[[ Supplied material open ]]

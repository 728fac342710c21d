//! Tests of reading class files: what is read, what is refused, and the numbers of refusals.

use crate::class_one::{CODE, one};
use class_names::ParameterSize;
use class_read::{ClassFile, CodeAttribute, Constant, Member, Pool, ReadRefusal, read_class};
use std::alloc::Global;
use std::test::Fail;

fn shown(alloc: Global, refusal: ReadRefusal) -> Result<String, Fail> {
    Ok(format!(in alloc; "{refusal}")?)
}

fn answer(alloc: Global, bytes: &[u8]) -> Result<String, Fail> {
    match read_class(alloc, bytes) {
        Ok(_) => Ok(String::from_str(alloc, "read")?),
        Err(refusal) => shown(alloc, refusal),
    }
}

/// The class One with other bytes at a place, in place of `count` of its own.
fn edited(alloc: Global, at: usize, count: usize, bytes: &[u8]) -> Result<Vec<u8>, Fail> {
    let class = one(alloc)?;
    let (front, rest) = class.split_at_checked(at).ok_or("a place in the class")?;
    let (_, back) = rest.split_at_checked(count).ok_or("a place in the class")?;
    let mut edited = Vec::from_slice(alloc, front)?;
    edited.extend_from_slice(bytes)?;
    edited.extend_from_slice(back)?;
    Ok(edited)
}

/// A place in the class One, how many of its bytes are others there, these, and what is answered.
type Case = (usize, usize, &'static [u8], &'static str);

/// First one byte is another, then there is an attribute of the class, a method twice, and another class.
static CASES: [Case; 21] = [
    (0, 1, b"\xcb", "Magic"),
    (7, 1, b"\x35", "Version"),
    (10, 1, b"\x02", "PoolTag 1"),
    (18, 1, b"\x02", "PoolIndex 2"),
    (199, 1, b"\0", "PoolIndex 0"),
    (215, 1, b"\x02", "PoolIndex 2"),
    (13, 1, b"\xff", "BadUtf 1"),
    (13, 1, b".", "BadDescriptor 1"),
    (181, 1, b"X", "BadDescriptor 17"),
    (44, 1, b"<", "BadDescriptor 5"),
    (227, 1, b"\x0b", "Attribute 214"),
    (194, 1, b"\x02", "Flags"),
    (207, 1, b"\x0b", "Flags"),
    (206, 1, b"\x01", "Member 206"),
    (242, 2, b"\0\x01\0\x07\0\0\0\x02\x09\x09", "read"),
    (242, 2, b"\0\x01\0\x07\0\0\0\x01\x09\x09", "Trailing 251"),
    (
        242,
        2,
        b"\0\x01\0\x07\xff\xff\xff\xff\x09\x09",
        "Truncated 252",
    ),
    (
        205,
        1,
        b"\x02\0\x09\0\x05\0\x06\0\x01\0\x07\0\0\0\x16\0\x03\0\x01\0\0\0\x0a\xb2\0\x0d\x05\x06\x60\xb6\0\x13\xb1\0\0\0\0",
        "Member 242",
    ),
    (
        0,
        244,
        b"\xca\xfe\xba\xbe\0\0\0\x34\xff\xff\x01",
        "Truncated 11",
    ),
    (
        9,
        235,
        b"\x07\x01\0\x01A\x07\0\x01\x01\0\x10java/lang/Object\x07\0\x03\
          \x04\x7f\xc0\0\0\x12\xff\xff\xff\xff\0\x21\0\x02\0\x04\0\0\0\0\0\0\0\0",
        "read",
    ),
    (0, 0, b"", "read"),
];

#[test]
fn each_refusal_comes_where_its_bytes_are(rt: HostRuntime) -> Result<(), Fail> {
    for (at, count, bytes, wanted) in CASES {
        let class = edited(rt.alloc(), at, count, bytes)?;
        assert!(rt; answer(rt.alloc(), class.as_slice())?.as_str() == wanted);
    }
    let zeros = vec![in rt.alloc(); 0u8; 1_048_577]?;
    assert!(rt; answer(rt.alloc(), &zeros)?.as_str() == "TooLong");
    Ok(())
}

#[test]
fn a_cut_class_is_truncated_at_its_length(rt: HostRuntime) -> Result<(), Fail> {
    let bytes = one(rt.alloc())?;
    for length in 0..244u32 {
        let cut = bytes
            .get(..length as usize)
            .ok_or("the class has 244 bytes")?;
        let refusal = read_class(rt.alloc(), cut).err();
        assert!(rt; matches!(refusal, Some(ReadRefusal::Truncated(at)) if at == length));
    }
    Ok(())
}

/// Class A of version 52 with one method, whose descriptor has 255 ints, and these bytes after the pool.
fn of_words(alloc: Global, behind: &[u8]) -> Result<Vec<u8>, Fail> {
    let mut new = Vec::from_slice(
        alloc,
        b"\x07\x01\0\x01A\x07\0\x01\x01\0\x10java/lang/Object\x07\0\x03\x01\x01\x02(",
    )?;
    new.extend_from_slice(&[b'I'; 255])?;
    new.extend_from_slice(b")V\x01\0\x01m")?;
    new.extend_from_slice(behind)?;
    edited(alloc, 9, 235, &new)
}

#[test]
fn the_receiver_takes_one_of_255_words(rt: HostRuntime) -> Result<(), Fail> {
    let of_object = of_words(
        rt.alloc(),
        b"\x05\x21\0\x02\0\x04\0\0\0\0\0\x01\x04\x01\0\x06\0\x05\0\0\0\0",
    )?;
    assert!(rt; answer(rt.alloc(), &of_object)?.as_str() == "BadDescriptor 5");
    let of_class = of_words(
        rt.alloc(),
        b"\x04\x21\0\x02\0\x04\0\0\0\0\0\x01\x01\x09\0\x06\0\x05\0\0\0\0",
    )?;
    assert!(rt; answer(rt.alloc(), &of_class)?.as_str() == "read");
    Ok(())
}

fn is_code(code: &CodeAttribute) -> bool {
    code.max_stack == 3
        && code.max_locals == 1
        && code.bytes.as_slice() == CODE
        && code.handlers.is_empty()
        && code.maps.is_empty()
}

fn is_main(method: &Member) -> bool {
    method.flags == 9
        && method.name == 5
        && method.descriptor == 6
        && method.constant.is_none()
        && match &method.code {
            Some(code) => is_code(code),
            None => false,
        }
}

fn has_header(class: &ClassFile) -> bool {
    class.major == 52
        && class.flags == 0x21
        && class.this_class == 2
        && class.super_class == 4
        && class.interfaces.is_empty()
        && class.fields.is_empty()
}

#[test]
fn a_class_is_read(rt: HostRuntime) -> Result<(), Fail> {
    let bytes = one(rt.alloc())?;
    let class = read_class(rt.alloc(), &bytes).ok().ok_or("a class")?;
    assert!(rt; has_header(&class));
    assert!(rt; matches!(class.pool.get(13), Some(Constant::Field(9, 12))));
    assert!(rt; class.methods.len() == 1);
    let method = class.methods.get(0).ok_or("there is a method")?;
    assert!(rt; is_main(method));
    Ok(())
}

#[test]
fn constants_that_nothing_looks_at_are_kept(rt: HostRuntime) -> Result<(), Fail> {
    let (at, count, bytes, _) = CASES[19];
    let bytes = edited(rt.alloc(), at, count, bytes)?;
    let class = read_class(rt.alloc(), &bytes).ok().ok_or("a class")?;
    assert!(rt; matches!(class.pool.get(5), Some(Constant::Float(0x7fc0_0000))));
    assert!(rt; matches!(class.pool.get(6), Some(Constant::Dynamic(65535, 65535))));
    Ok(())
}

#[test]
fn a_refusal_shows_its_name_and_number(rt: HostRuntime) -> Result<(), Fail> {
    for (refusal, text) in [
        (ReadRefusal::NoMemory, "NoMemory"),
        (ReadRefusal::PoolTag(0), "PoolTag 0"),
        (ReadRefusal::PoolIndex(65535), "PoolIndex 65535"),
        (ReadRefusal::Attribute(1_048_576), "Attribute 1048576"),
    ] {
        assert!(rt; shown(rt.alloc(), refusal)?.as_str() == text);
    }
    Ok(())
}

#[test]
fn a_pool_says_what_its_texts_are_used_as(rt: HostRuntime) -> Result<(), Fail> {
    let bytes = one(rt.alloc())?;
    let class = read_class(rt.alloc(), &bytes).ok().ok_or("a class")?;
    let pool = Pool::new(rt.alloc(), class.pool.as_slice())?;
    assert!(rt; pool.constants().len() == 20);
    let name = pool.text_use(16).ok_or("println")?;
    assert!(rt; name.is_method_name && name.is_class_name && !name.is_field_type);
    let descriptor = pool.text_use(17).ok_or("(I)V")?;
    assert!(rt;
        matches!(
            descriptor.parameters,
            Some(ParameterSize { count: 1, words: 1 })
        )
    );
    assert!(rt; pool.text_use(19).is_none());
    Ok(())
}

/// Each refusal with its number and its place.
static NUMBERS: [(ReadRefusal, u8, u32); 13] = [
    (ReadRefusal::Magic, 1, 0),
    (ReadRefusal::Version, 2, 0),
    (ReadRefusal::Truncated(1_048_576), 3, 1_048_576),
    (ReadRefusal::PoolTag(7), 4, 7),
    (ReadRefusal::PoolIndex(7), 5, 7),
    (ReadRefusal::BadUtf(65_535), 6, 65_535),
    (ReadRefusal::BadDescriptor(7), 7, 7),
    (ReadRefusal::Trailing(7), 8, 7),
    (ReadRefusal::TooLong, 9, 0),
    (ReadRefusal::Attribute(7), 10, 7),
    (ReadRefusal::Flags, 11, 0),
    (ReadRefusal::Member(7), 12, 7),
    (ReadRefusal::NoMemory, 13, 0),
];

#[test]
fn refusals_have_numbers(rt: HostRuntime) -> Result<(), Fail> {
    for (refusal, number, place) in &NUMBERS {
        assert!(rt; refusal.number() == *number && refusal.place() == *place);
    }
    Ok(())
}
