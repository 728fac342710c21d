//! Tests of the crates that read and write class files, over their public calls: the walk through a file, its reader
//! and its writer.
#![tactic(auto)]

#[cfg(test)]
mod class_one;
#[cfg(test)]
mod codes;
#[cfg(test)]
mod reads;
#[cfg(test)]
mod walks;
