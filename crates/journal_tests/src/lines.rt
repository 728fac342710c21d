//! Lines of a journal, each there and back, and lines that say nothing.

use op_core::Event;
use std::test::Fail;
use trace_journal::{JournalItem, item_in, push_item};

/// Each form of a line, with its numbers at their ends.
const FORMS: [&str; 26] = [
    "1 0 class 1 29 0",
    "255 1000000000 class 4294967295 4294967295 4294967295",
    "2 7 read 30 0 4294967295",
    "2 7 write 30 1 5",
    "3 1 new 29 0 31",
    "1 2 enter 3",
    "1 2 exit 3",
    "1 2 exit 3 no",
    "1 2 wait 3",
    "1 2 wait 3 no",
    "1 0 rewake 3",
    "1 2 notify 3 0",
    "1 2 notify 3 255",
    "1 2 notify 3 no",
    "1 5 print",
    "1 1 start 40 1 2",
    "1 1 start 40 10 255",
    "1 1 start 40 5 no",
    "1 1 join 40",
    "1 0 init 29 ready",
    "1 0 init 29 bad",
    "1 0 init 29 claimed",
    "1 0 done 29 ok",
    "1 0 done 29 bad",
    "1 1 end",
    "1 1 died 7",
];

#[test]
fn each_form_of_a_line_is_read_and_written(rt: HostRuntime) -> Result<(), Fail> {
    for form in &FORMS {
        for version in [1, 2] {
            let Some(item) = item_in(version, form.as_bytes()) else {
                return Err(Fail::from("a line says nothing"));
            };
            let mut line = String::new(rt.alloc());
            push_item(&mut line, &item)?;
            assert!(rt; line.as_str() == *form);
        }
    }
    Ok(())
}

/// Lines of no event and no undo.
const WRONG: [&str; 36] = [
    "",
    "1",
    "1 0",
    "1 0 ",
    "1  0 print",
    "1 0 print ",
    " 1 0 print",
    "1 0\tprint",
    "1 0 print\r",
    "01 0 print",
    "+1 0 print",
    "-1 0 print",
    "1 00 print",
    "0 0 print",
    "256 0 print",
    "1 1000000001 print",
    "1 0 Print",
    "1 0 print 5",
    "1 0 enter",
    "1 0 enter 4294967296",
    "1 0 enter 3 no",
    "1 0 read 1 2",
    "1 0 read 1 2 3 4",
    "1 0 notify 3",
    "1 0 notify 3 256",
    "1 0 start 40 0 2",
    "1 0 start 40 11 2",
    "1 0 start 40 5 256",
    "1 0 start 40 5",
    "1 0 init 29",
    "1 0 init 29 done",
    "1 0 done 29 claimed",
    "1 0 end 4",
    "end 4",
    "jrev-trace 1",
    "undone 1 1",
];

#[test]
fn other_lines_say_nothing(rt: HostRuntime) -> Result<(), Fail> {
    for line in &WRONG {
        assert!(rt; item_in(1, line.as_bytes()).is_none());
        assert!(rt; item_in(2, line.as_bytes()).is_none());
    }
    Ok(())
}

/// Undos, and whether a journal of version 2 has such a line.
const UNDOS: [(&str, bool); 8] = [
    ("undone 1 1 0", true),
    ("undone 255 255 4294967295", true),
    ("undone 1 0 0", false),
    ("undone 0 1 0", false),
    ("undone 256 1 0", false),
    ("undone 1 256 0", false),
    ("undone 1 1 4294967296", false),
    ("undone 1 1 0 0", false),
];

#[test]
fn undos_are_of_version_2(rt: HostRuntime) -> Result<(), Fail> {
    for (line, is_one) in &UNDOS {
        assert!(rt; item_in(2, line.as_bytes()).is_some() == *is_one);
        assert!(rt; item_in(1, line.as_bytes()).is_none());
    }
    Ok(())
}

#[test]
fn an_event_has_its_thread_and_silent_steps(rt: HostRuntime) -> Result<(), Fail> {
    let Some(JournalItem::Event(Event { thread, silent, .. })) = item_in(1, b"7 12 print") else {
        return Err(Fail::from("the line says nothing"));
    };
    assert!(rt; thread == 7 && silent == 12);
    Ok(())
}
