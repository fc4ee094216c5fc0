// The lines that list field records: level, type, nullable, strategy, variant, children, name (document 01, "Soundings").

#![tactic(auto)]

ghost use Rattle.std.specs.Prelude.{◌≡◌, ◌+◌, ◌<◌, ◌≤◌, ℕ, length, slice_index};
ghost use Rattle.listing.specs.Levels.{level_after, one_fewer, next_level, next_due};

// The line of a field record: level, type, nullable, strategy, variant, children, name. The name is any bytes, and so no `Display`.
fn print_record(rt: &impl Print, level: usize, record: &[u8; 8], name: &[u8]) {
    let [data_type, nullable, strategy, variant, ..] = *record;
    let children = files::two_bytes(record, 6);
    let _ = print!(rt; "{level} {data_type} {nullable} {strategy} {variant} {children} ");
    let _ = rt.write_all(name);
    let _ = println!(rt);
}

// At which level a record stands, and how many records are due at each level below the root's fields, that one among them.
#[derive(Drop)]
struct Levels {
    // An array, and no Vec: `print_records` cannot fail, and so must not run out of memory.
    due: [u16; 8193],
    level: usize,
    ghost within: { level < 8193 },
}

impl Levels {
    // The lowest level from the one in hand up at which more than the record in hand are due, or 0.
    fn open(&self) -> usize
        ensures within { result ≤ self.now.level }
        ensures more { 0 < result → 1 < slice_index self.now.due result }
        ensures none { (k : ℕ) → result < k → k ≤ self.now.level → slice_index self.now.due k ≤ 1 }
    {
        (1..=self.level)
            .rev()
            .find(|level| 1 < self.due[*level])
            .unwrap_or(0)
    }

    // To the record after one that has no children: at its own level while others are due there, else at that of the
    // nearest record above it after which one is.
    fn climb(&mut self)
        ensures level { self.new.level ≡ level_after self.old.due self.old.level }
        ensures due { self.new.due ≡ one_fewer self.old.due self.new.level }
        ensures above { self.new.level ≤ self.old.level }
    {
        let level = self.open();
        if 0 < level {
            self.due[level] -= 1;
        }
        self.level = level;
    }

    // To the record after one with so many children.
    #[tactic(auto, using(crate::specs::laws::Levels::next))]
    fn pass(&mut self, children: u16)
        requires { self.old.level < 8192 }
        ensures level { self.new.level ≡ next_level self.old.due self.old.level children }
        ensures due { self.new.due ≡ next_due self.old.due self.old.level children }
        ensures above { self.new.level ≤ self.old.level + 1 }
    {
        if children == 0 {
            self.climb();
        } else {
            self.level += 1;
            self.due[self.level] = children;
        }
    }
}

// Field records, preorder, with their names, which stand one after another.
pub fn print_records(rt: &impl Print, fields: &[u8], names: &[u8])
    requires { length fields.now ≤ 65536 }
{
    let mut levels = Levels {
        due: [0; 8193],
        level: 0,
    };
    let mut names = names;
    let (records, _) = fields.as_chunks::<8>();
    for record in records {
        let length = usize::from(files::two_bytes(record, 4)).min(names.len());
        let (name, rest) = names.split_at(length);
        print_record(rt, levels.level, record, name);
        levels.pass(files::two_bytes(record, 6));
        names = rest;
    }
}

[[ Supplied material closed ]]

Prompt. Look back at the entries above and repeat, unchanged, every line from the line holding "thread, silent, .." through the line holding "repository fc4ee094216c5fc0".

Problem solution.
    let Some(JournalItem::Event(Event { thread, silent, .. })) = item_in(1, b"7 12 print") else {
        return Err(Fail::from("the line says nothing"));
    };
    assert!(rt; thread == 7 && silent == 12);
    Ok(())
}
repository fc4ee094216c5fc0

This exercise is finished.